- _Work required_: Give the number of lines in the records below that include "opening". Reply with that number alone.

##### Task material #####

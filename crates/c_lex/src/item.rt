ghost use Rattle.std.specs.Prelude.{◌≡◌, ◌<◌, ◌≤◌, false, length, IfSome};
ghost use Rattle.c_lex.specs.Items.{found, fault, begins_number, comment_len, start_of, run, item_from, item_at};
ghost use Rattle.c_lex.specs.inner.Classes.{is_in};
ghost use Rattle.c_lex.specs.inner.Spans.{Spans};

use crate::byte::{Class, begins, run_len};
use crate::constant::{number_len, number_of};
use crate::directive::{Define, directive_of};
use crate::quoted::{char_of, closing, fault_of};
use crate::refusal::Kind;
use crate::spelling::{mark_bytes, mark_of, word_of};
use crate::token::TokenKind;

/// What stands at a place of a text.
#[derive(Clone, Copy)]
pub enum Item {
    /// White space, a comment or an `#include`: nothing that the parser sees.
    Blank,
    /// A name that is no reserved word.
    Name,
    /// A token of another kind.
    Token(TokenKind),
    Define(Define),
    /// What refuses the text here.
    Fault(Kind),
}

/// An item, and how many bytes it takes.
#[derive(Clone, Copy)]
pub struct Found {
    pub item: Item,
    pub len: usize,
}

/// What may begin where bytes stand.
#[derive(Clone, Copy)]
pub enum Start {
    White,
    LineComment,
    BlockComment,
    Directive,
    Name,
    Number,
    Char,
    Text,
    /// A mark, or nothing.
    Mark,
}

impl Found {
    /// An item of so many bytes.
    fn new(item: Item, len: usize) -> Found
        ensures { result ≡ found item len }
    {
        Found { item, len }
    }

    /// What refuses the text at this place.
    fn fault(kind: Kind) -> Found
        ensures { result ≡ fault kind }
    {
        Found::new(Item::Fault(kind), 1)
    }
}

/// What may begin where these bytes do; a directive only where nothing but white space stands before it on its line.
#[tactic(auto, unfolding(crate::specs::Items::start_of))]
fn start_of(is_line_start: bool, bytes: &[u8]) -> Start
    ensures start { result ≡ start_of is_line_start bytes.now }
    ensures long { result ≡ Start.BlockComment → 2 ≤ length bytes.now }
{
    if begins(Class::White, bytes) {
        Start::White
    } else if bytes.starts_with(b"//") {
        Start::LineComment
    } else if bytes.starts_with(b"/*") {
        Start::BlockComment
    } else if is_line_start && bytes.starts_with(b"#") {
        Start::Directive
    } else if begins(Class::Letter, bytes) {
        Start::Name
    } else if begins_number(bytes) {
        Start::Number
    } else if bytes.starts_with(b"'") {
        Start::Char
    } else if bytes.starts_with(b"\"") {
        Start::Text
    } else {
        Start::Mark
    }
}

/// Whether a number begins there: a digit, or a point and a digit.
#[tactic(auto, unfolding(crate::specs::Items::begins_number))]
fn begins_number(bytes: &[u8]) -> bool
    ensures { result ≡ begins_number bytes.now }
{
    begins(Class::Digit, bytes) || bytes.starts_with(b".") && begins(Class::Digit, &bytes[1..])
}

/// How many bytes a comment has behind its `/*`, up to the next `*/` with it, if there is one.
fn comment_len(bytes: &[u8]) -> Option<usize>
    ensures place { result ≡ comment_len false 0 bytes.now }
    ensures within { IfSome result (λ len. (0 < len) × (len ≤ length bytes.now)) }
{
    let mut after_star = false;
    for (i, byte) in bytes.iter().enumerate() {
        if after_star && *byte == b'/' {
            return Some(i + 1);
        }
        after_star = *byte == b'*';
    }
    None
}

/// The first byte, and all of the class that follow it.
fn run(class: Class, bytes: &[u8]) -> usize
    requires { 0 < length bytes.now }
    ensures len { result ≡ run (is_in class) bytes.now }
    ensures some { 0 < result }
    ensures within { result ≤ length bytes.now }
{
    1 + run_len(class, &bytes[1..])
}

/// A comment from `/*` on.
fn block_comment(bytes: &[u8]) -> Found
    requires { 2 ≤ length bytes.now }
    ensures found { result ≡ item_from Start.BlockComment bytes.now }
    ensures spans { Spans (length bytes.now) result }
{
    match comment_len(&bytes[2..]) {
        Some(len) => Found::new(Item::Blank, 2 + len),
        None => Found::fault(Kind::OpenLiteral),
    }
}

/// A directive, from its `#` on.
fn directive(bytes: &[u8]) -> Found
    requires { 0 < length bytes.now }
    ensures found { result ≡ item_from Start.Directive bytes.now }
    ensures spans { Spans (length bytes.now) result }
{
    let len = run(Class::Line, bytes);
    Found::new(directive_of(&bytes[..len]), len)
}

/// A reserved word, or a name of the program's own.
fn name(bytes: &[u8]) -> Found
    requires { 0 < length bytes.now }
    ensures found { result ≡ item_from Start.Name bytes.now }
    ensures spans { Spans (length bytes.now) result }
{
    let len = run(Class::Name, bytes);
    match word_of(&bytes[..len]) {
        Some(word) => Found::new(Item::Token(TokenKind::Word(word)), len),
        None => Found::new(Item::Name, len),
    }
}

/// A number.
fn number(bytes: &[u8]) -> Found
    requires { 0 < length bytes.now }
    ensures found { result ≡ item_from Start.Number bytes.now }
    ensures spans { Spans (length bytes.now) result }
{
    let len = 1 + number_len(&bytes[1..]);
    match number_of(&bytes[..len]) {
        Ok(n) => Found::new(Item::Token(TokenKind::Int(n)), len),
        Err(kind) => Found::fault(kind),
    }
}

/// A character constant, from its opening quote on.
fn char_literal(bytes: &[u8]) -> Found
    requires { 0 < length bytes.now }
    ensures found { result ≡ item_from Start.Char bytes.now }
    ensures spans { Spans (length bytes.now) result }
{
    let rest = &bytes[1..];
    let Some(len) = closing(b'\'', rest) else {
        return Found::fault(Kind::OpenLiteral);
    };
    match char_of(&rest[..len]) {
        Ok(n) => Found::new(Item::Token(TokenKind::Char(n)), len + 2),
        Err(kind) => Found::fault(kind),
    }
}

/// A string, from its opening quote on.
fn string_literal(bytes: &[u8]) -> Found
    requires { 0 < length bytes.now }
    ensures found { result ≡ item_from Start.Text bytes.now }
    ensures spans { Spans (length bytes.now) result }
{
    let rest = &bytes[1..];
    let Some(len) = closing(b'"', rest) else {
        return Found::fault(Kind::OpenLiteral);
    };
    match fault_of(&rest[..len]) {
        None => Found::new(Item::Token(TokenKind::Text), len + 2),
        Some(kind) => Found::fault(kind),
    }
}

/// A mark, or a byte that begins nothing.
fn mark(bytes: &[u8]) -> Found
    requires { 0 < length bytes.now }
    ensures found { result ≡ item_from Start.Mark bytes.now }
    ensures spans { Spans (length bytes.now) result }
{
    match mark_of(bytes) {
        Some(mark) => Found::new(Item::Token(TokenKind::Mark(mark)), mark_bytes(mark).len()),
        None => Found::fault(Kind::BadByte),
    }
}

/// What stands where these bytes begin.
#[tactic(auto, unfolding(crate::specs::Items::item_at))]
pub(crate) fn item_at(is_line_start: bool, bytes: &[u8]) -> Found
    requires { 0 < length bytes.now }
    ensures found { result ≡ item_at is_line_start bytes.now }
    ensures spans { Spans (length bytes.now) result }
{
    match start_of(is_line_start, bytes) {
        Start::White => Found::new(Item::Blank, 1),
        Start::LineComment => Found::new(Item::Blank, run(Class::Line, bytes)),
        Start::BlockComment => block_comment(bytes),
        Start::Directive => directive(bytes),
        Start::Name => name(bytes),
        Start::Number => number(bytes),
        Start::Char => char_literal(bytes),
        Start::Text => string_literal(bytes),
        Start::Mark => mark(bytes),
    }
}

#####

- _Written answer_: 2